Exercise prompt: State how many lines in the following entries hold the word "those". The reply is that number only.

Saved data entries:
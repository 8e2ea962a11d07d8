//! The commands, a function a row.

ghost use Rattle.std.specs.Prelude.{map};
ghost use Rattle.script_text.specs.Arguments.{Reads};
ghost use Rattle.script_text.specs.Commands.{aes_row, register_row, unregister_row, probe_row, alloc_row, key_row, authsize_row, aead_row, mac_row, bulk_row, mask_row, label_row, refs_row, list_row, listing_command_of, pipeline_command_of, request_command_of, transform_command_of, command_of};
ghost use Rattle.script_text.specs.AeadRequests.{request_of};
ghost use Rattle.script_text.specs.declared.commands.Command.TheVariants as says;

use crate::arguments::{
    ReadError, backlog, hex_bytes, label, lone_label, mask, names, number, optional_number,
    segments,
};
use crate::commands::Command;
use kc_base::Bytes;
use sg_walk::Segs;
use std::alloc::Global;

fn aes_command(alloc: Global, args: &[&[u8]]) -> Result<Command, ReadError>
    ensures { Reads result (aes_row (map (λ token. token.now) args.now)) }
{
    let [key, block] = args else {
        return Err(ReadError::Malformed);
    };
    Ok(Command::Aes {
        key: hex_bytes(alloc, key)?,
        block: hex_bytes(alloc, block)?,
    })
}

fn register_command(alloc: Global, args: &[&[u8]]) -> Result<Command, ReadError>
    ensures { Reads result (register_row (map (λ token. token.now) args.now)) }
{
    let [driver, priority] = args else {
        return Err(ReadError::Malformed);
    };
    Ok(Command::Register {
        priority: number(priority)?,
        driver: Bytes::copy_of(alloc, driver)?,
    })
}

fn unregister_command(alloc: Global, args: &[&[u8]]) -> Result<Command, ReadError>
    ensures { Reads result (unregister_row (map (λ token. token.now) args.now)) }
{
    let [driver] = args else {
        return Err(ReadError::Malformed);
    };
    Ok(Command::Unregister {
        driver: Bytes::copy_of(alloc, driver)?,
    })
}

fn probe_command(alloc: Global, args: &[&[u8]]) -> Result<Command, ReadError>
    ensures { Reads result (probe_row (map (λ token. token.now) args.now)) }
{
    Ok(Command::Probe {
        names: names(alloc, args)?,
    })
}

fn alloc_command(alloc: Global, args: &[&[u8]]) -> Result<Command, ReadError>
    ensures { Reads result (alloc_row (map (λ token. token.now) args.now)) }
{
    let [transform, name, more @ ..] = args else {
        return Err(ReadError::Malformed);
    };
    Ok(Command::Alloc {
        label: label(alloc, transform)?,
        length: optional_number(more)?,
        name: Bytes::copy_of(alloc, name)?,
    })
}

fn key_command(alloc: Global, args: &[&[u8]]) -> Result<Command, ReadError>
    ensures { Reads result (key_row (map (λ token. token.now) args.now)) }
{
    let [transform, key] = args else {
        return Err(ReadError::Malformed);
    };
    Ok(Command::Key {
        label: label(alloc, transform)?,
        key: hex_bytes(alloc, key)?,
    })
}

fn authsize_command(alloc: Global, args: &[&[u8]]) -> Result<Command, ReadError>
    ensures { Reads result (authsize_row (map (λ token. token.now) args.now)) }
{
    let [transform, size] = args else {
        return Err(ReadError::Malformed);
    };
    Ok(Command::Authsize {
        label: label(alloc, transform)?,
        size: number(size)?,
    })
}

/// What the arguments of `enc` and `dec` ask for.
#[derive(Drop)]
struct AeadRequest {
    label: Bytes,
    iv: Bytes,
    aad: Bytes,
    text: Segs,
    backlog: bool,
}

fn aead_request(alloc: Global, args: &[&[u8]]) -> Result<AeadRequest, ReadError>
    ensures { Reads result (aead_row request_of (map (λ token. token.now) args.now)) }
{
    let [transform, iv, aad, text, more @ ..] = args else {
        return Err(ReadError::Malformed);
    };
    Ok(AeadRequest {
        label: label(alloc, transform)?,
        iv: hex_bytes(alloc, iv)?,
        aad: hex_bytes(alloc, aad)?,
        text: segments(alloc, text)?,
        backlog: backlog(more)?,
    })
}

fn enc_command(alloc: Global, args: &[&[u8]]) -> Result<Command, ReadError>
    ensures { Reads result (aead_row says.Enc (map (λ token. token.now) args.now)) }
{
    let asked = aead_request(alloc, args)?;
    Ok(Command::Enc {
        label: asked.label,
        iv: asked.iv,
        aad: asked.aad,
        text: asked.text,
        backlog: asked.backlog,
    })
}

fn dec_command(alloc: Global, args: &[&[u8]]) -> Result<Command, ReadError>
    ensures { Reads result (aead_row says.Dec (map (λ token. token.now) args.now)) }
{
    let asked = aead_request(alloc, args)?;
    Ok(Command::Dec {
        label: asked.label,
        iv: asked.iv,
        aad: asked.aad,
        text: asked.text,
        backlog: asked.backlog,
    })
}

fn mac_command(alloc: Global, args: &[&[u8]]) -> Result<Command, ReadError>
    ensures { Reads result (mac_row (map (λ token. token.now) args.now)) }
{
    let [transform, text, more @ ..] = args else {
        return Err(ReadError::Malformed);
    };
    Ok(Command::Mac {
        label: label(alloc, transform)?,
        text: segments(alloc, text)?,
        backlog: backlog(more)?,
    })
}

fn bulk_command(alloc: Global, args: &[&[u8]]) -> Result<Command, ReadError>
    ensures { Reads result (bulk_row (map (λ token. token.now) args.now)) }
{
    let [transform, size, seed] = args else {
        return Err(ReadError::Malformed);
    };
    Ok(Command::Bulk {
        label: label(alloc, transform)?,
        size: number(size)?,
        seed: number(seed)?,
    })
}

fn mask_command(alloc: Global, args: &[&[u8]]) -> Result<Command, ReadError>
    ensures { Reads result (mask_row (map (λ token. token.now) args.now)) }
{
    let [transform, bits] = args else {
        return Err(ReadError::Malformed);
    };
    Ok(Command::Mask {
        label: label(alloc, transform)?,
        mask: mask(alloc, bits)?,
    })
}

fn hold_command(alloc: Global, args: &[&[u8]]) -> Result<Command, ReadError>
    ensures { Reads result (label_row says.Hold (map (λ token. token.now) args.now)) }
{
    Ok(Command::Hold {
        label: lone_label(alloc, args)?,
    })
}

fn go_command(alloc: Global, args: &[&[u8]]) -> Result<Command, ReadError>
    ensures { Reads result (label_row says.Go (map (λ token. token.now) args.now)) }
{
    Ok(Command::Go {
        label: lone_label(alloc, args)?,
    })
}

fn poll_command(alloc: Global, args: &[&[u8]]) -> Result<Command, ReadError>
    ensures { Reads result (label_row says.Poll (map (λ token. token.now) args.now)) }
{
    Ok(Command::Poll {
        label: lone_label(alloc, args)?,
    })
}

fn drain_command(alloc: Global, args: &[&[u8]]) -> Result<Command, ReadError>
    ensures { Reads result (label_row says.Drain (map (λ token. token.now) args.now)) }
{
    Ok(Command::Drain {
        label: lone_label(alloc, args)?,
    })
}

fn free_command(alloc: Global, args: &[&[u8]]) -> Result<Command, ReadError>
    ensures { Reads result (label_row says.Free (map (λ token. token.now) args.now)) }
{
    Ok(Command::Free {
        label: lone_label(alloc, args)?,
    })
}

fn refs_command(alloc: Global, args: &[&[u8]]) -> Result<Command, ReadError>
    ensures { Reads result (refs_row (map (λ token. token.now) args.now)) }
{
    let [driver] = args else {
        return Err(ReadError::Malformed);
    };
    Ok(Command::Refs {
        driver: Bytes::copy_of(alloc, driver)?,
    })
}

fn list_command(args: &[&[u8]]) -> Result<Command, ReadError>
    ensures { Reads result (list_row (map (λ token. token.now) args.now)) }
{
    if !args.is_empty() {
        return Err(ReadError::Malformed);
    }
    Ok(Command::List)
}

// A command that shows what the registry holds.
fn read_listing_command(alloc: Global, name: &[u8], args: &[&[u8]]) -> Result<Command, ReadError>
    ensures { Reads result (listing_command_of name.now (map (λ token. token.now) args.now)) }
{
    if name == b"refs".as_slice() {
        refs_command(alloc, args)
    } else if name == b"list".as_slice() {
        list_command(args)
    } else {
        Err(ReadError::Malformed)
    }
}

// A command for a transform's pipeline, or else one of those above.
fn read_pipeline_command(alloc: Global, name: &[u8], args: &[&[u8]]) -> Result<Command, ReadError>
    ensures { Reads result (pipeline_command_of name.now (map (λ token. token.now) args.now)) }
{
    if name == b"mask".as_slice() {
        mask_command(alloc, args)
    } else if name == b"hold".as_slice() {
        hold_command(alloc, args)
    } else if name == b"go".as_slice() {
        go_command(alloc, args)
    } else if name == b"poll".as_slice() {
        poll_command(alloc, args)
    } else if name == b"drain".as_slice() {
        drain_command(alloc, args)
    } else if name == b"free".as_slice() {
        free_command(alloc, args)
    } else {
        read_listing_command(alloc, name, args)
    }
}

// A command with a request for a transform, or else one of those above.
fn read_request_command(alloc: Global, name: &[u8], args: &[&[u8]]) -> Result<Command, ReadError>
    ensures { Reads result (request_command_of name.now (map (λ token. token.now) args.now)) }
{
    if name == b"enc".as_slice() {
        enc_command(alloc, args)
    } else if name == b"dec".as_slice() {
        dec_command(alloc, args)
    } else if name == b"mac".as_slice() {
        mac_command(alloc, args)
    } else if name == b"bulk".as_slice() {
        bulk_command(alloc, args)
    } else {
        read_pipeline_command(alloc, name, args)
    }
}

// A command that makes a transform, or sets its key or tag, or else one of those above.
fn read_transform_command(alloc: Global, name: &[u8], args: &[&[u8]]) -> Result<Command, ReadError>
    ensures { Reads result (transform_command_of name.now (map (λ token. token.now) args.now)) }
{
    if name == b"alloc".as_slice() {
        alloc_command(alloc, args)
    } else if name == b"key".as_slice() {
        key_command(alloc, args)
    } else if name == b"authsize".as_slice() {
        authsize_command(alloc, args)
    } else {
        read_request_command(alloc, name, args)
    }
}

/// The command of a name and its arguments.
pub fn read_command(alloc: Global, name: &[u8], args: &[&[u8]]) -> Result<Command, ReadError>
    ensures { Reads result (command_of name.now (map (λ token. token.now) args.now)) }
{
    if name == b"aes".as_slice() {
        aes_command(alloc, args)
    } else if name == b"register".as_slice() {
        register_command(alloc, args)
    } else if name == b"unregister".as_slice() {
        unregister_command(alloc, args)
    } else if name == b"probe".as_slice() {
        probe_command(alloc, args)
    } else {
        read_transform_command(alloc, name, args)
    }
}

...

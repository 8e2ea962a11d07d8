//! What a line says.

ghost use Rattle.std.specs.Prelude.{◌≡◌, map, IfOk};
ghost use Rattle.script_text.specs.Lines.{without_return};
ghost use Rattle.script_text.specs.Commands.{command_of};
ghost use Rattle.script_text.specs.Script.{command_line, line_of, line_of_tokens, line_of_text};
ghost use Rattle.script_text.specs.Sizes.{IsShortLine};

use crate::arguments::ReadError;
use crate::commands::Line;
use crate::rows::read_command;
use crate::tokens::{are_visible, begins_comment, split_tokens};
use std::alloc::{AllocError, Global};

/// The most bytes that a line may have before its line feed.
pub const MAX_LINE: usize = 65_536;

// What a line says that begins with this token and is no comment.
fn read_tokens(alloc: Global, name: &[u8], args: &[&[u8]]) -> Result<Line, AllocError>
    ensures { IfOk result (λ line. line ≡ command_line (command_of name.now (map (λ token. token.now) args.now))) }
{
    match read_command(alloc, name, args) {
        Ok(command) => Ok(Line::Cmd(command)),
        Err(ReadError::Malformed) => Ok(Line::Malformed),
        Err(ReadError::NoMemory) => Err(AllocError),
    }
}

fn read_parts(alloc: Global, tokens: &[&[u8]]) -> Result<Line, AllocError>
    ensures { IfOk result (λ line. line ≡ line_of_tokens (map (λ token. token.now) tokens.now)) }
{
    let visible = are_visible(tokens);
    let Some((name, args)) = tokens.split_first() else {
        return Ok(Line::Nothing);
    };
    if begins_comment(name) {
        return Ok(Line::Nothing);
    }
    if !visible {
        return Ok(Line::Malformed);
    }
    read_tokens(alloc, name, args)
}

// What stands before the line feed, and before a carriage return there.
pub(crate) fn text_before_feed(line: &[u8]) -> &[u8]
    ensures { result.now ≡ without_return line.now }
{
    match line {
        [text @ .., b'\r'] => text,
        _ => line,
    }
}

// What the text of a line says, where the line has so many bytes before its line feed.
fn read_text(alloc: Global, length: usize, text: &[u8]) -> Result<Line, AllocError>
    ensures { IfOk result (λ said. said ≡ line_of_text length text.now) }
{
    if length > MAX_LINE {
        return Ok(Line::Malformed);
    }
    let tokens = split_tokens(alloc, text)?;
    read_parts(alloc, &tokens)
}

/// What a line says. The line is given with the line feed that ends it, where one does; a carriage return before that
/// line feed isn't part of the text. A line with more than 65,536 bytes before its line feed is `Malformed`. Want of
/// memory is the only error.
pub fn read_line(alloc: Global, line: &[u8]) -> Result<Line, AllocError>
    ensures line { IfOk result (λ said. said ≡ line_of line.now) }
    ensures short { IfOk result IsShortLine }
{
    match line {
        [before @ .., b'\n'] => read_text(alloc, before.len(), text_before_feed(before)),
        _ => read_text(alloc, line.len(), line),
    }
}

---

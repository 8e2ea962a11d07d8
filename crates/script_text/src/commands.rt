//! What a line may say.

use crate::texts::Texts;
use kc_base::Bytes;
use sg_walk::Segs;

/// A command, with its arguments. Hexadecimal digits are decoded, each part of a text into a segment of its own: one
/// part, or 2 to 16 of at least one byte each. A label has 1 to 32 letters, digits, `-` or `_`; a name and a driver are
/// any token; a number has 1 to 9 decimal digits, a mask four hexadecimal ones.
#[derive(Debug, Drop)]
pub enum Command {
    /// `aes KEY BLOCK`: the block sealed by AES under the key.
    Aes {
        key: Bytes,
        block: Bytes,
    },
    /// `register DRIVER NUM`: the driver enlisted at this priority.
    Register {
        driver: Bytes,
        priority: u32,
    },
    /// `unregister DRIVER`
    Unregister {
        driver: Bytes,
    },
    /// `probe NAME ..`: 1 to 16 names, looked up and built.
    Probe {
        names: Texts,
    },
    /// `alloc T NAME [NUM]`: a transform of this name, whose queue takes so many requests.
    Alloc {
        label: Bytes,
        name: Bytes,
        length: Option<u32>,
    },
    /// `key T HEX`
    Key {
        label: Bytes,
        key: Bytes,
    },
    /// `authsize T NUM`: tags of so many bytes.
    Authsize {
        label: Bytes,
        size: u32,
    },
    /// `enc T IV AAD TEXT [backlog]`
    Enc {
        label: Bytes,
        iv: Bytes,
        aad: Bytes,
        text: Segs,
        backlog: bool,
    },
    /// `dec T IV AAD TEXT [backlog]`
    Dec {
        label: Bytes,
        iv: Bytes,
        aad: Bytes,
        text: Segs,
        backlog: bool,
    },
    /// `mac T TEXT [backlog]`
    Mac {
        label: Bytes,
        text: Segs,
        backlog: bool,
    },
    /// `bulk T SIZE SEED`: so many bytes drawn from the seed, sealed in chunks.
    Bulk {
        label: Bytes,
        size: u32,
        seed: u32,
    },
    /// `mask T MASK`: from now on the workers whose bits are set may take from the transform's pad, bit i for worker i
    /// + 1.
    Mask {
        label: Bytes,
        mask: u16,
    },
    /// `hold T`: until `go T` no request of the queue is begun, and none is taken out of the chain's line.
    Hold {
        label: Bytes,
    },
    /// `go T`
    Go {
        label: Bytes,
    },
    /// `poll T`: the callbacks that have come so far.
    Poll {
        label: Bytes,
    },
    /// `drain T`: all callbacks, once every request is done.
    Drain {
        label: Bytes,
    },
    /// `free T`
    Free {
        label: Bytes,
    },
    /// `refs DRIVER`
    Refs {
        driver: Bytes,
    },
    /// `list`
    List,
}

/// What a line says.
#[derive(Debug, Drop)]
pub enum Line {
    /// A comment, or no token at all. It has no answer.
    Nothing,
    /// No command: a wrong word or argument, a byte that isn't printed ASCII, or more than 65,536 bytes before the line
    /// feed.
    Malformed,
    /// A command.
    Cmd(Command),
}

Solved exercise: 3